Integration of both qualitative and machine learning techniques
Exploratory Sequential Integration
Researchers could use technique such as unsupervised ML — Natural Language Processing (NLP) and Topic Modeling (e.g., LDA) before formal human coding. The research team runs unsupervised topic modeling to cluster the data into latent themes (e.g., trust, fear, misinformation, access).
Outcome
At this stage, the researchers reveals unexpected clusters such as conspiracy-related discourse and confusion about eligibility criteria, prompting researchers to refine their qualitative inquiry framework and interview questions.
Convergent Parallel Integration
Researchers could use technique such as supervised ML — Transfer Learning using BERT + Manual Coding, a subset of data (e.g., 500 manually coded responses) is used to train a supervised classifier. A BERT-based model is then applied to the rest of the dataset to assist coding.
Conflict Resolution Strategy
When model-generated codes conflict with human codes, an external examiner (e.g., a senior qualitative researcher) reviews and adjudicates the discrepancies. Conflicts that reflect nuanced meaning (e.g., sarcasm or irony) are flagged for deeper interpretation.
Outcome
This hybrid process accelerates analysis while maintaining interpretive depth and ethical sensitivity. Codes with high agreement between human and machine are prioritized for rapid synthesis; ambiguous segments receive more nuanced review.
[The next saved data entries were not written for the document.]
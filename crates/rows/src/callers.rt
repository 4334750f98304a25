//! Rows on who asks, and the users and admins that the head of a file names.

use crate::fault::{RowsFault, named};
use crate::playing::Asked;
use crate::texts::{first_word, put, text_of};
use auth::{Auth, Caller};
use std::alloc::Global;

/// `SECRET | NAME`: the token of the name under the secret.
pub fn token(asked: Asked<'_>, out: &mut String) -> Result<(), RowsFault> {
    let (secret, name) = halves_of(asked.question, b'|');
    let auth = Auth::new(asked.alloc, secret.trim_ascii(), &[])?;
    let token = auth.token(text_of(name.trim_ascii()))?;
    put(token.as_str(), out)
}

/// Returns what stands before and behind a byte; all stands before one that isn't there.
fn halves_of(bytes: &[u8], sign: u8) -> (&[u8], &[u8]) {
    for (place, byte) in bytes.iter().enumerate() {
        if *byte == sign {
            let (before, rest) = bytes.split_at_checked(place).unwrap_or((bytes, b""));
            return (before, rest.strip_prefix(&[sign]).unwrap_or(rest));
        }
    }
    (bytes, b"")
}

/// Header lines: the caller that they name, as `NAME` or `NAME with ROLE; ROLE`, `anonymous`, or
/// the fault. The head says `secret TEXT` and `admin NAME`.
pub fn caller(asked: Asked<'_>, out: &mut String) -> Result<(), RowsFault> {
    let mut headers = Vec::new(asked.alloc);
    for line in asked.question.split(|byte| *byte == b'\n') {
        let (name, value) = halves_of(line, b':');
        headers.push((name, value.strip_prefix(b" ").unwrap_or(value)))?;
    }
    let caller = named(auth_of(asked.alloc, asked.head)?.caller(&headers), out)?;
    put(caller.name().unwrap_or("anonymous"), out)?;
    let mut sign = " with ";
    for role in caller.roles() {
        out.push_str(sign)?;
        out.push_str(role.as_str())?;
        sign = "; ";
    }
    Ok(())
}

/// Returns what tells callers by the secret and the admins of a head.
pub fn auth_of(alloc: Global, head: &[String]) -> Result<Auth, RowsFault> {
    let admins = admins_of(alloc, head)?;
    Ok(Auth::new(alloc, setting_of(head, "secret").as_bytes(), &admins)?)
}

/// Returns what stands behind a word of the head, which is empty where no line begins with it.
pub fn setting_of<'a>(head: &'a [String], word: &str) -> &'a str {
    for line in head {
        let (known, rest) = first_word(line.as_str());
        if known == word {
            return rest;
        }
    }
    ""
}

/// Returns the admins that a head names.
pub fn admins_of(alloc: Global, head: &[String]) -> Result<Vec<String>, RowsFault> {
    let mut admins = Vec::new(alloc);
    for line in head {
        if let Some(name) = line.as_str().strip_prefix("admin ") {
            admins.push(String::from_str(alloc, name)?)?;
        }
    }
    Ok(admins)
}

/// Returns the caller of a name, with the roles that a line `user NAME ROLES` of the head gives it;
/// `anybody` has none.
pub fn caller_of(asked: Asked<'_>, name: &str, out: &mut String) -> Result<Caller, RowsFault> {
    if name == "anybody" {
        return Ok(Caller::anonymous(asked.alloc));
    }
    let auth = Auth::new(asked.alloc, b"Jefe", &[])?;
    let token = auth.token(name)?;
    let roles = roles_of(asked.head, name)?;
    named(auth.caller(&headers_of(name, roles, token.as_str())), out)
}

/// Returns the headers by which a proxy vouches for a name and its roles.
fn headers_of<'a>(name: &'a str, roles: &'a str, token: &'a str) -> [(&'a str, &'a str); 3] {
    [
        ("X-Auth-CouchDB-UserName", name),
        ("X-Auth-CouchDB-Roles", roles),
        ("X-Auth-CouchDB-Token", token),
    ]
}

/// Returns the roles of a user.
fn roles_of<'a>(head: &'a [String], name: &str) -> Result<&'a str, RowsFault> {
    for line in head {
        if let Some(user) = line.as_str().strip_prefix("user ") {
            let (known, roles) = first_word(user);
            if known == name {
                return Ok(roles);
            }
        }
    }
    Err(NO_USER)
}

/// How a user is refused that the head doesn't name.
pub const NO_USER: RowsFault = RowsFault::Refused("the head has no such user");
Explanatory Sequential Integration
Researchers could use technique such as Neural Network and Pattern Recognition. After the main thematic analysis is complete, a deep learning model is used to explore patterns across demographic groups, for example.
Outcome
The model identifies that younger respondents are more likely to express mistrust, while older respondents discuss logistical challenges. These insights lead to segmentation of recommendations by demographic group and inform targeted communication strategies for each group.
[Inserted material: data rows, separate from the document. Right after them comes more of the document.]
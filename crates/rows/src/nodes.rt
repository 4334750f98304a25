//! Rows on nodes in memory: requests, and bytes on connections.

use crate::callers::{NO_USER, auth_of};
use crate::fault::{RowsFault, named};
use crate::pages::tell_store;
use crate::pieces::single_bytes;
use crate::playing::Asked;
use crate::texts::{first_word, put_escaped, put_text, unescape};
use couch_json::{Json, NameMap};
use hub::{Connections, Replies};
use lab::LabStore;
use node::{Node, Routes};
use policy::Security;
use std::alloc::Global;
use std::fmt::Write;
use store::{DbName, Store};

/// The nodes of a table, and the connections to them. Each is made at its first use.
///
/// Lines of the head say how each begins. `secret TEXT`, `admin NAME`: its configuration.
/// `public NAME`: a database whose security object is `{}`. `closed NAME`: one with the security object
/// of a new one. `user LABEL | NAME | TOKEN | ROLES`: a user; parts may be missing from the right.
#[derive(Drop)]
pub struct Nodes<S: LabStore> {
    alloc: Global,
    nodes: Vec<Node<S>>,
    connections: Connections,
    opened: u64,
}

impl<S: LabStore> Nodes<S> {
    /// Returns a network without nodes.
    pub fn new(alloc: Global) -> Nodes<S> {
        Nodes {
            alloc,
            nodes: Vec::new(alloc),
            connections: Connections::new(alloc),
            opened: 0,
        }
    }

    /// Begins a table: whatever the tables before it made is gone.
    pub fn begin(&mut self) {
        self.nodes.clear();
        self.connections = Connections::new(self.alloc);
        self.opened = 0;
    }

    /// `USER METHOD TARGET BODY`: the reply's status and body. `B:USER ..` asks node B; the node without
    /// a name is A. The first words that `tell_store` knows ask the store of node A.
    pub fn ask(&mut self, asked: Asked<'_>, out: &mut String) -> Result<(), RowsFault> {
        let (who, rest) = first_word(asked.text());
        if matches!(who, "store" | "seq" | "id" | "key") {
            return self.ask_store(asked, out);
        }
        let (name, user) = who.split_once(':').unwrap_or(("A", who));
        let Some(place) = "ABCDEF".find(name) else {
            return Err(RowsFault::Refused("no such node"));
        };
        let mut request = String::new(asked.alloc);
        put_request(asked.head, user, rest, &mut request)?;
        self.opened = named(self.connections.open(), out)?;
        let replies = self.feed(asked, place, self.opened, request.as_bytes(), out)?;
        for reply in &replies.list {
            write!(out, "{} ", reply.status())?;
            put_text(reply.body(), out)?;
        }
        Ok(())
    }

    /// `N whole PIECE`, `N bytewise PIECE`: bytes on connection N of node A, in one piece or one after
    /// another. The answer is the bytes of all replies, `nothing` where there are none, or the fault.
    pub fn feed_row(&mut self, asked: Asked<'_>, out: &mut String) -> Result<(), RowsFault> {
        let (number, rest) = first_word(asked.text());
        let (way, text) = first_word(rest);
        let Ok(conn) = number.parse::<u64>() else {
            return Err(RowsFault::Refused("no number of a connection"));
        };
        let mut bytes = Vec::new(asked.alloc);
        unescape(text, &mut bytes)?;
        for _number in self.opened..conn {
            self.opened = named(self.connections.open(), out)?;
        }
        match way {
            "whole" => self.feed_shown(asked, conn, &[&bytes], out),
            "bytewise" => {
                let pieces = single_bytes(asked.alloc, &bytes)?;
                self.feed_shown(asked, conn, &pieces, out)
            }
            _ => Err(RowsFault::Refused("neither whole nor bytewise")),
        }
    }

    /// Feeds pieces to node A, and adds the bytes of the replies, with escapes.
    fn feed_shown(
        &mut self,
        asked: Asked<'_>,
        conn: u64,
        pieces: &[&[u8]],
        out: &mut String,
    ) -> Result<(), RowsFault> {
        for piece in pieces {
            for reply in &self.feed(asked, 0, conn, piece, out)?.list {
                put_escaped(asked.alloc, reply.bytes(), out)?;
            }
        }
        if out.is_empty() {
            out.push_str("nothing")?;
        }
        Ok(())
    }

    /// Feeds a piece to the node at a place, and returns what is replied.
    fn feed(
        &mut self,
        asked: Asked<'_>,
        place: usize,
        conn: u64,
        piece: &[u8],
        out: &mut String,
    ) -> Result<Replies, RowsFault> {
        self.add_nodes(asked, place.saturating_add(1), out)?;
        match self.nodes.get_mut(place) {
            Some(node) => named(self.connections.feed(node, conn, piece), out),
            None => Err(RowsFault::Refused("no such node")),
        }
    }

    /// Makes sure that there are so many nodes.
    fn add_nodes(
        &mut self,
        asked: Asked<'_>,
        count: usize,
        out: &mut String,
    ) -> Result<(), RowsFault> {
        for _node in self.nodes.len()..count {
            let mut store = named(S::make(self.alloc), out)?;
            put_databases(asked, &mut store, out)?;
            self.nodes.push(node_over(asked, store)?)?;
        }
        Ok(())
    }

    /// Takes the store out of node A, asks it, and puts a node over it back.
    fn ask_store(&mut self, asked: Asked<'_>, out: &mut String) -> Result<(), RowsFault> {
        self.add_nodes(asked, 1, out)?;
        let Some(node) = self.nodes.pop() else {
            return Err(RowsFault::Refused("no node"));
        };
        if !self.nodes.is_empty() {
            return Err(RowsFault::Refused("several nodes"));
        }
        let mut store = node.into_store();
        let told = tell_store(asked, &mut store, out);
        if asked.text() == "store reopened" {
            store = named(store.reopen(), out)?;
        }
        self.nodes.push(node_over(asked, store)?)?;
        told
    }
}

/// Returns a node over a store.
fn node_over<S: Store + Drop>(asked: Asked<'_>, store: S) -> Result<Node<S>, RowsFault> {
    let auth = auth_of(asked.alloc, asked.head)?;
    let routes = Routes::new(asked.alloc)?;
    Ok(Node::new(asked.alloc, store, auth, routes))
}

/// Makes the databases that each node begins with.
fn put_databases<S: Store>(
    asked: Asked<'_>,
    store: &mut S,
    out: &mut String,
) -> Result<(), RowsFault> {
    for line in asked.head {
        let (word, name) = first_word(line.as_str());
        if matches!(word, "public" | "closed") {
            let name = named(DbName::new(asked.alloc, name), out)?;
            named(store.create(&name), out)?;
            if word == "public" {
                let open = Json::Object(NameMap::new(asked.alloc));
                let open = named(Security::read(asked.alloc, &open), out)?;
                named(store.set_security(&name, &open), out)?;
            }
        }
    }
    Ok(())
}

/// Adds the bytes of a request, in words `METHOD TARGET BODY`.
fn put_request(
    head: &[String],
    user: &str,
    words: &str,
    out: &mut String,
) -> Result<(), RowsFault> {
    let (method, rest) = first_word(words);
    let (target, body) = first_word(rest);
    write!(out, "{method} {target} HTTP/1.1\r\n")?;
    put_user(head, user, out)?;
    let length = body.len();
    write!(out, "Content-Length: {length}\r\n\r\n{body}")?;
    Ok(())
}

/// Adds the header lines of a user; `anybody` has none.
fn put_user(head: &[String], label: &str, out: &mut String) -> Result<(), RowsFault> {
    if label == "anybody" {
        return Ok(());
    }
    for line in head {
        if let Some(user) = line.as_str().strip_prefix("user ") {
            let (known, parts) = user.split_once('|').unwrap_or((user, ""));
            if known.trim_ascii() == label {
                return put_headers(parts, out);
            }
        }
    }
    Err(NO_USER)
}

/// Adds the header lines of `NAME | TOKEN | ROLES`.
fn put_headers(parts: &str, out: &mut String) -> Result<(), RowsFault> {
    let mut parts = parts.split('|');
    for name in ["UserName", "Token", "Roles"] {
        let Some(value) = parts.next() else {
            break;
        };
        let value = value.trim_ascii();
        write!(out, "X-Auth-CouchDB-{name}: {value}\r\n")?;
    }
    Ok(())
}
ML- and AI- techniques serve as useful tools for supporting qualitative researchers analysing large text datasets quickly and interpreting findings with enhanced trustworthiness, depth, and multidimensional perspectives, particularly the agreeableness of human-generated and machine-generated codes and themes (Chen et al., 2018; Towler et al., 2023). ML- and AI- techniques can highlight complex patterns and connections in data that can be missed by human researchers which may lead to groundbreaking insights and a deeper understanding of the research (Badrulhisham et al., 2024). This approach holds particular promise for supporting and enhancing existing grounded theories, conceptual models, and hypotheses, especially during time-sensitive scenarios such as public health emergencies like the COVID-19 pandemic (Chen et al., 2018; Towler et al., 2023). Ultimately, the integration of these techniques stands to elevate the level of evidence derived from qualitative studies, thereby enhancing their impact and relevance in informing decision- and policy- making.